◆ DESCRIPTION OF THE TASK ◆
Output exactly those lines of the data that lie between the line containing "IfOk result (IsCompletedBy" and the final line, both ends counted.
[[ INPUT MATERIAL, beginning ]]
//! The recoverer that completes what is begun.
ghost use Rattle.std.specs.Prelude.{◌≡◌, IfErr, IfOk, OnOk};
ghost use Rattle.lrpar_table_sentences.specs.Reachable.{EachReachableHasTree};
ghost use Rattle.lrpar_parse_lexemes.specs.Views.{token_by};
ghost use Rattle.lrpar_parse_completion.specs.Answer.{HasCompleteTable, IsCompleted, IsCompletedBy};
ghost use Rattle.lrpar_parse_completion.specs.Refused.{IsNoCompletion};
ghost use Rattle.lrpar_parse_completion.specs.declared.fault.NoCompletion.TheVariants.{Memory};

use crate::completer::Completer;
use crate::fault::NoCompletion;
use crate::nearest::Search;
use lrpar_grammar::span::StorageIndex;
use lrpar_parse_lexemes::lex_api::Lexeme;
use lrpar_parse_repair::repair::{Recoverer, RecoveryPoint, RepairStep};
use lrpar_table_check::check::{CompleteFault, ParserData};
use lrpar_table_sentences::shortest::Shortest;
use std::alloc::{AllocError, Global};
use std::marker::Model;

/// How many tokens of a completion are tried at each place, if nothing else is set.
pub(crate) const MOST_TOKENS_TRIED: usize = 8;

/// A recoverer that always repairs, over a table that is complete and viable, as each built table without conflicts is, of a grammar
/// whose reachable rules are productive.
///
/// At an error point it makes a completion of the stack: tokens that, fed from there, lead to a stack that accepts. From the lexeme that
/// has no action on, it looks for the first place at which the parse can go on after the lexemes before it are deleted and some first
/// tokens of the completion are inserted, and there for the fewest tokens. The answer is that one sequence: the insertions, and then the
/// deletions. At the latest it deletes all that is left and inserts the whole completion.
///
/// At each error point it makes the whole completion, once: that takes time linear in the grammar for each state in which it goes down,
/// and in the tokens of the completion. It copies the stack once for each number of tokens that is tried before the end. Then each place
/// before the nearest one takes at most one test for each of these numbers, and a test feeds at most as many lexemes as have to follow a
/// repair. Over another table than its own it may find nothing; what it finds works.
#[derive(Debug)]
pub struct Completion<'a, StorageT: StorageIndex> {
    data: &'a ParserData<StorageT>,
    shortest: Shortest<StorageT>,
    most: usize,
}

impl<StorageT: StorageIndex> Drop for Completion<'_, StorageT> {
    fn drop(self) {
        let Completion {
            data: _,
            shortest,
            most: _,
        } = self;
        drop(shortest);
    }
}

impl<'a, StorageT: StorageIndex> Model for Completion<'a, StorageT> {
    ghost use Rattle.std.below.core.specs.declared.int.usize.TheConstants.{MAX};
    ghost use Rattle.lrpar_parse_completion.specs.Answer.{Completer, IsReady};

    ghost Value = { Completer };

    ghost view = { λ c. record { checked = c.data.now; most = c.most } };

    ghost invariant = { λ c. IsReady MAX c.data.now c.shortest };
}

impl<'a, StorageT: StorageIndex> Completion<'a, StorageT> {
    /// The recoverer over this table. It tries 8 tokens of a completion at each place before the end of the input.
    ///
    /// Refused by the first reachable rule that derives no text; or, if there is none, by the first of the conditions C1 to C5 of a
    /// complete table that fails, at the lowest state at which it does. A table that is built is complete if and only if it has no
    /// conflicts. `Memory` comes if an allocation failed.
    ///
    /// It finds the minimal sentences of the grammar's rules, and checks the table as `check_complete` does, which takes most of the time.
    pub fn new(
        alloc: Global,
        checked: &'a ParserData<StorageT>,
    ) -> Result<Self, NoCompletion<StorageT>>
        ensures made { IfOk result (λ c. c ≡ record { checked = checked.now; most = 8 }) }
        ensures complete { OnOk result (HasCompleteTable checked.now) }
        ensures productive { OnOk result (EachReachableHasTree checked.now.grammar) }
        ensures refused { IfErr result (IsNoCompletion StorageT.index checked.now) }
        ensures exact { HasCompleteTable checked.now → EachReachableHasTree checked.now.grammar → IfErr result (λ e. e ≡ Memory) }
    {
        let _lemma = checked.stable();
        let shortest = Shortest::new(alloc, checked.grm())?;
        if let Some(rule) = shortest.unproductive(alloc, checked.grm())? {
            return Err(NoCompletion::Unproductive(rule));
        }
        match checked.check_complete(alloc) {
            Ok(()) => Ok(Completion {
                data: checked,
                shortest,
                most: MOST_TOKENS_TRIED,
            }),
            Err(CompleteFault::Condition(condition, state)) => {
                Err(NoCompletion::Incomplete(condition, state))
            }
            Err(CompleteFault::Memory) => Err(NoCompletion::Memory),
        }
    }

    /// Tries up to this many tokens of a completion at each place, in place of 8. At the end of the input all are tried.
    pub fn most(self, most: usize) -> Self
        ensures { result ≡ record self.entry { most = most } }
    {
        let Completion {
            data,
            shortest,
            most: _,
        } = self;
        Completion {
            data,
            shortest,
            most,
        }
    }
}

impl<StorageT: StorageIndex, LexemeT: Lexeme<StorageT>> Recoverer<StorageT, LexemeT>
    for Completion<'_, StorageT> {
    ghost allows = { λ own at answer. IsCompleted (token_by StorageT.index LexemeT.parts) own at answer };

    fn recover(
        &self,
        alloc: Global,
        point: &RecoveryPoint<'_, StorageT, LexemeT>,
    ) -> Result<Vec<Vec<RepairStep<StorageT>>>, AllocError>
        ensures allowed { IfOk result (IsCompletedBy StorageT.index LexemeT.parts self.now point.now) }
    {
        let completer = Completer {
            data: self.data,
            shortest: &self.shortest,
        };
        let Some(tokens) = completer.completion(alloc, point.stack())? else {
            return Ok(Vec::new(alloc));
        };
        let search = Search {
            point,
            tokens: &tokens,
            most: self.most,
        };
        search.answer(alloc)
    }
}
[[ INPUT MATERIAL, end ]]
◆ SOLVED EXERCISE ◆
        ensures allowed { IfOk result (IsCompletedBy StorageT.index LexemeT.parts self.now point.now) }
    {
        let completer = Completer {
            data: self.data,
            shortest: &self.shortest,
        };
        let Some(tokens) = completer.completion(alloc, point.stack())? else {
            return Ok(Vec::new(alloc));
        };
        let search = Search {
            point,
            tokens: &tokens,
            most: self.most,
        };
        search.answer(alloc)
    }
}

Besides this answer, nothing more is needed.